Pozdrawiam serdecznie
ALe czy tak, czy tak już nic z niej nie będzie? I niech mi ktoś doradzi czy mam ją wyciąć i spalić, czy poczekać do wiosny z nadzieją, że będzie rosła?
Szczerze mówiąc to mnie nie obchodzi jaka była przyczyna, bo i tak go już nei uratuję. Zresztą nie wiem gdzie się mieści taka agencja. Te pieniądze co bym wydał na analizę to wolę przeznaczyć na nowe drzewko.
Które posadzisz w tym samym miejscu, gdzie patogeny tylko czekają na nową ofiarę
"Wyrzuciłem telewizor na śmietnik, a w radiu urwałem gałkę, tak aby nikt z rodziny nie mógł zmienić stacji i teraz jest tylko wasze radio u mnie w domu. I jestem naprawdę wolnym człowiekiem."
aśka2006 pisze:Czy rdza gruszy doprowadza do obumarcia drzewa?

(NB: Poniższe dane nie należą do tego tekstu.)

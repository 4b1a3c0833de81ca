//! Sizes of arrays (ISO C 6.7.6.2).

ghost use Rattle.dpi_grammar.specs.Parser.{Reads, optional};
ghost use Rattle.c_tree.specs.declared.class.Class.TheVariants as classes;
ghost use Rattle.c_tree.specs.Classes.{is};
ghost use Rattle.c_parse.specs.Front as front;
ghost use Rattle.c_parse.specs.ReadingDeclarations as spec;

use crate::front::begins_size;
use c_cursor::{Cursor, name, number};
use c_tree::{Array, Class, Number, ParamArray, Size};
use dpi_grammar::Stop;
use std::alloc::Global;

/// A number in parentheses, with the number of the `(`.
// "(" number ")"
#[tactic(auto, unfolding(crate::specs::ReadingDeclarations::argument))]
fn argument(alloc: Global, tokens: &mut Cursor<'_>) -> Result<(u32, Number), Stop>
    ensures { Reads (spec.argument tokens.old) result tokens.new }
{
    let token = tokens.place();
    tokens.expect(Class::OpenParen)?;
    let number = number(alloc, tokens)?;
    tokens.expect(Class::CloseParen)?;
    Ok((token, number))
}

fn optional_argument(alloc: Global, tokens: &mut Cursor<'_>) -> Result<Option<(u32, Number)>, Stop>
    ensures { Reads (optional (is classes.OpenParen) spec.argument tokens.old) result tokens.new }
{
    if !tokens.sees(Class::OpenParen) {
        return Ok(None);
    }
    Ok(Some(argument(alloc, tokens)?))
}

/// A size that begins with a name.
// id ("(" number ")")?
#[tactic(auto, unfolding(crate::specs::ReadingDeclarations::named_size))]
fn named_size(alloc: Global, tokens: &mut Cursor<'_>) -> Result<Size, Stop>
    ensures { Reads (spec.named_size tokens.old) result tokens.new }
{
    let name = name(alloc, tokens)?;
    Ok(match optional_argument(alloc, tokens)? {
        None => Size::Name(name),
        Some((token, number)) => Size::Call(name, token, number),
    })
}

/// A size.
// size = number | id ("(" number ")")?
fn size(alloc: Global, tokens: &mut Cursor<'_>) -> Result<Size, Stop>
    ensures { Reads (spec.size tokens.old) result tokens.new }
{
    if tokens.sees(Class::Number) {
        return Ok(Size::Number(number(alloc, tokens)?));
    }
    named_size(alloc, tokens)
}

fn optional_size(alloc: Global, tokens: &mut Cursor<'_>) -> Result<Option<Size>, Stop>
    ensures { Reads (optional front.begins_size spec.size tokens.old) result tokens.new }
{
    if !begins_size(tokens) {
        return Ok(None);
    }
    Ok(Some(size(alloc, tokens)?))
}

/// The size of a variable that is an array.
// "[" size "]"
#[tactic(auto, unfolding(crate::specs::ReadingDeclarations::array))]
fn array(alloc: Global, tokens: &mut Cursor<'_>) -> Result<Array, Stop>
    ensures { Reads (spec.array tokens.old) result tokens.new }
{
    let token = tokens.place();
    tokens.expect(Class::OpenBracket)?;
    let size = size(alloc, tokens)?;
    tokens.expect(Class::CloseBracket)?;
    Ok(Array { token, size })
}

/// The size of a variable, where it is an array.
// ("[" size "]")?
pub fn optional_array(alloc: Global, tokens: &mut Cursor<'_>) -> Result<Option<Array>, Stop>
    ensures { Reads (optional (is classes.OpenBracket) spec.array tokens.old) result tokens.new }
{
    if !tokens.sees(Class::OpenBracket) {
        return Ok(None);
    }
    Ok(Some(array(alloc, tokens)?))
}

/// The array that a parameter is written as (6.7.6.3).
// "[" size? "]"
#[tactic(auto, unfolding(crate::specs::ReadingDeclarations::param_array))]
fn param_array(alloc: Global, tokens: &mut Cursor<'_>) -> Result<ParamArray, Stop>
    ensures { Reads (spec.param_array tokens.old) result tokens.new }
{
    let token = tokens.place();
    tokens.expect(Class::OpenBracket)?;
    let size = optional_size(alloc, tokens)?;
    tokens.expect(Class::CloseBracket)?;
    Ok(ParamArray { token, size })
}

/// The array that a parameter is written as, where it is one.
// ("[" size? "]")?
pub fn optional_param_array(
    alloc: Global,
    tokens: &mut Cursor<'_>,
) -> Result<Option<ParamArray>, Stop>
    ensures { Reads (optional (is classes.OpenBracket) spec.param_array tokens.old) result tokens.new }
{
    if !tokens.sees(Class::OpenBracket) {
        return Ok(None);
    }
    Ok(Some(param_array(alloc, tokens)?))
}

Nie wiem czy opłaca się wyciąć jałowce?
Czy po prostu systematycznie pryskać?
Raczej nie prowadzi do obumarcia gruszy, obniżać plon może, bo redukuje jeśli w dużym nasileniu powierzchnię blaszki liściowej
u jałowca prowadzi do powolnego zamierania pędu więć opłaca się wyciąć zainfekowane częśći i spalić (nie na kompostownik)
No dobrze...a co mam zrobić gdy mnie otacza kikaset działek?
Przeciez nierealnym jest dojście kto "bruździ".... poza tym sąsiad może mieć problem "w nosie" i nie podjąć żadnych działań.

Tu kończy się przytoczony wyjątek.